- [Task instructions] Below are the records; copy every line in them that holds the string "dumpvars".

Saved entries
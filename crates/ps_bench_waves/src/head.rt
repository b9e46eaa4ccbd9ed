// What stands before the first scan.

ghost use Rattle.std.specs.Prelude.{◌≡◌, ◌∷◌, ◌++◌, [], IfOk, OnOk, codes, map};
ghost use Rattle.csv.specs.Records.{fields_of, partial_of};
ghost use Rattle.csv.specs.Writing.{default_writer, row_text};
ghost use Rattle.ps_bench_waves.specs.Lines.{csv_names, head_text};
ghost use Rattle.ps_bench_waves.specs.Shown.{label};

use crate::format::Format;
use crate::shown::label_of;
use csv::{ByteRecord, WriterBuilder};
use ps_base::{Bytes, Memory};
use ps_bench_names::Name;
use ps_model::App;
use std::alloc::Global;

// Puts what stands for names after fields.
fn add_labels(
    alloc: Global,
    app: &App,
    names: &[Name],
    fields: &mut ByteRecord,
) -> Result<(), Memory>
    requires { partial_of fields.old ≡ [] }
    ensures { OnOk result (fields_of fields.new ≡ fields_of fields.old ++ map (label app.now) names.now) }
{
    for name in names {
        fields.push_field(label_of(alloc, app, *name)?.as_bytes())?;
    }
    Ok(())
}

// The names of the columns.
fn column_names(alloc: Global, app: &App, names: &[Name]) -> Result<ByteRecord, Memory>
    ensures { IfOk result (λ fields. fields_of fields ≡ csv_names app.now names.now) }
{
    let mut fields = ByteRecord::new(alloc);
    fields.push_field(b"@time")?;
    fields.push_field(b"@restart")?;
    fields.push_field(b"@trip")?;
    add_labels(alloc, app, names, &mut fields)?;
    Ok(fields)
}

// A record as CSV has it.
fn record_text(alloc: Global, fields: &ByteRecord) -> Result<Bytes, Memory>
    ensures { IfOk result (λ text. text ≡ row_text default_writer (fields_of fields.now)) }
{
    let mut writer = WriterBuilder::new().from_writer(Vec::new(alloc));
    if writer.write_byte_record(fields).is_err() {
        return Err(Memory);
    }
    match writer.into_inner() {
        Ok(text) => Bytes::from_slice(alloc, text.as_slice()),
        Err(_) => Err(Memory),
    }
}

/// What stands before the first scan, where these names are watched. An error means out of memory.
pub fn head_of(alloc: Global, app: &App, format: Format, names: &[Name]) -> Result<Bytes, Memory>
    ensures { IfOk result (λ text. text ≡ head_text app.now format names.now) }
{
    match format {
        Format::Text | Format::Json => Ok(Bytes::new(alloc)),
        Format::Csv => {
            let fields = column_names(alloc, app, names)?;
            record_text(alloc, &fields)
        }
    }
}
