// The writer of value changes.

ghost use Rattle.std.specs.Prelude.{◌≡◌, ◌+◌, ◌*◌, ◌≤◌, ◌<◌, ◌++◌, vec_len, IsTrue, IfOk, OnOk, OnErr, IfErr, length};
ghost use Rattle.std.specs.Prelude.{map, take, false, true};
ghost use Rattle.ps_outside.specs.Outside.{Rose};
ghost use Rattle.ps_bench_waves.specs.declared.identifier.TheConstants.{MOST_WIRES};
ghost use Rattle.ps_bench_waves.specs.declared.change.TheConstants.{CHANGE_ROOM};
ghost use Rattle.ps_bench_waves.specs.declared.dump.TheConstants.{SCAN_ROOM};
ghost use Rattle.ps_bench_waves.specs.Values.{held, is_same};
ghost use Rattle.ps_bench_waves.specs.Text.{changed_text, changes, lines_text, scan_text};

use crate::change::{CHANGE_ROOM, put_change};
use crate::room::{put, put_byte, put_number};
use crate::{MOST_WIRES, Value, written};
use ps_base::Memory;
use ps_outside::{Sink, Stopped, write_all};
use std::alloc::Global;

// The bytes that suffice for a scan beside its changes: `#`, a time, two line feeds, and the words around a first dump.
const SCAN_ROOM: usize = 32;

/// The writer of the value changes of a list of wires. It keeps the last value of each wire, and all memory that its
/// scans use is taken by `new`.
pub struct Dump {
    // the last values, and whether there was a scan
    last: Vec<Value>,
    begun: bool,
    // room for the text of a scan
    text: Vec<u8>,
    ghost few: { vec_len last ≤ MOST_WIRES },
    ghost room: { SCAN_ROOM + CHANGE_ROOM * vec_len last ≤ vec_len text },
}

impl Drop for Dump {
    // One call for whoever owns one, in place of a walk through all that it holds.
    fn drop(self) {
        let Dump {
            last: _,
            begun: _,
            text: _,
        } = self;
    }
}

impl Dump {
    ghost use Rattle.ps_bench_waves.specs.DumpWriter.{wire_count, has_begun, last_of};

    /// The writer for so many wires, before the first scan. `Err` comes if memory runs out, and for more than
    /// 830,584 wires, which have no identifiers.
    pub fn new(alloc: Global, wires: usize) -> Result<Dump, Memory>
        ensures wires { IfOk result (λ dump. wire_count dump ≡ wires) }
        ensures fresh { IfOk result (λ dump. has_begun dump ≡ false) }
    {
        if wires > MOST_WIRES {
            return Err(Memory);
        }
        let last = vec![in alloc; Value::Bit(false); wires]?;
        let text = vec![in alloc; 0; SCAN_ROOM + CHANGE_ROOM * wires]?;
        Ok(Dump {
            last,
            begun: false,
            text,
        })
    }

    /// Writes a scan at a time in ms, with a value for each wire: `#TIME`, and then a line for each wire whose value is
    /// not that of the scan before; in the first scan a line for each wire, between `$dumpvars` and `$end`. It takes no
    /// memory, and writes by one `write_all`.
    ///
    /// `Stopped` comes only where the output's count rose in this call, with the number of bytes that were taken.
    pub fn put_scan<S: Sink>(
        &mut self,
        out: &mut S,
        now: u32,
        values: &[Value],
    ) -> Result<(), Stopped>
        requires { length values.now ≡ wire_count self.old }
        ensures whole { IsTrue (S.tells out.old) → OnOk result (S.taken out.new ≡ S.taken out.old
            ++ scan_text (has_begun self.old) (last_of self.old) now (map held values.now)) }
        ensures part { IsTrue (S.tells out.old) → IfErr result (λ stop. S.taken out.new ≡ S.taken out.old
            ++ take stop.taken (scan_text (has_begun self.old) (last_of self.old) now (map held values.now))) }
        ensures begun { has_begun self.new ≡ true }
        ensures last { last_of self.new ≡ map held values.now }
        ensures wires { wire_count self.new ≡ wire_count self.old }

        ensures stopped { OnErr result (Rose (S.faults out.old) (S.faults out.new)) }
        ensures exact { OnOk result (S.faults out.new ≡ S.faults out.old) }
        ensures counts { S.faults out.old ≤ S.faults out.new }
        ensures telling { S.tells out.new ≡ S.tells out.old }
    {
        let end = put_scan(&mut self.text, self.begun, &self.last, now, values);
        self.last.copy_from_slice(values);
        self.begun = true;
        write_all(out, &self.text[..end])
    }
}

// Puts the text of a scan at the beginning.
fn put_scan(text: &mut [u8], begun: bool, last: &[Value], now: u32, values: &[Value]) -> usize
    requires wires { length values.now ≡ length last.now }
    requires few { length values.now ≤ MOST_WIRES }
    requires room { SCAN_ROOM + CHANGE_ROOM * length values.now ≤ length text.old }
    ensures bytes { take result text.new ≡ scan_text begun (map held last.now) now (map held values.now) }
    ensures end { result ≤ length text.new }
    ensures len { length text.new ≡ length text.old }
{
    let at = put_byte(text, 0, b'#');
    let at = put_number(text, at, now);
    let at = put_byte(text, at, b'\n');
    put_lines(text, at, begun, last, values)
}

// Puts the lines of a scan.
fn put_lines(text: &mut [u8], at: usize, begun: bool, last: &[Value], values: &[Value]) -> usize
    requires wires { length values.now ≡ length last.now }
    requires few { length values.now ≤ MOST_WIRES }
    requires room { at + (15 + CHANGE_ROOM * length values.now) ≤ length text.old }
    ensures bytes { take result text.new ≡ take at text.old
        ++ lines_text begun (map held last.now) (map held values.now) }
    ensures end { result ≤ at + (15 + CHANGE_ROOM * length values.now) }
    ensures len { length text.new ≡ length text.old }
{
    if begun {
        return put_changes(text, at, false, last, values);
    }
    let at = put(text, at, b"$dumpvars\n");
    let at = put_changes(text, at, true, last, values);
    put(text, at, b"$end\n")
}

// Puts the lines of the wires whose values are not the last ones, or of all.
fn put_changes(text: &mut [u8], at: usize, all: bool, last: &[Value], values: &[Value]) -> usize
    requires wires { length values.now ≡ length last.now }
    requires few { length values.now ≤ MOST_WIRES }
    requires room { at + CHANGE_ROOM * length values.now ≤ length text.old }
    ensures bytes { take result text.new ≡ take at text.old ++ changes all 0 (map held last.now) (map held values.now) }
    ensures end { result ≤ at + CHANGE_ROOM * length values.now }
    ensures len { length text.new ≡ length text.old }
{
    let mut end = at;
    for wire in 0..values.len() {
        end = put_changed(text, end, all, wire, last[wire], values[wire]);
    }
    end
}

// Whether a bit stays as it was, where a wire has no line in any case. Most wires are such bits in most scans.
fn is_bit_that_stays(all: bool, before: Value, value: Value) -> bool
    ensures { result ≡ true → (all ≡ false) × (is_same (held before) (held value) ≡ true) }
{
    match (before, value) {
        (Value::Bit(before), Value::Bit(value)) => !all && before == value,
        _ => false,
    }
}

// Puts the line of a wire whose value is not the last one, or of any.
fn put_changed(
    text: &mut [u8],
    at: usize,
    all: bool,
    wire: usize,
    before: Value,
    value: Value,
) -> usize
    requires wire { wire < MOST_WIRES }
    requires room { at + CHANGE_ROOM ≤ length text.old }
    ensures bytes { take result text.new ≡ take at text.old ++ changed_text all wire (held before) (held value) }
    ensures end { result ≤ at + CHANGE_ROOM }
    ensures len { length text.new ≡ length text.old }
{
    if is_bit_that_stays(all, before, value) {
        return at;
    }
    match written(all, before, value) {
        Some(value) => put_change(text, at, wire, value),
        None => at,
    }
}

- [Answer space]
    /// not that of the scan before; in the first scan a line for each wire, between `$dumpvars` and `$end`. It takes no
    let at = put(text, at, b"$dumpvars\n");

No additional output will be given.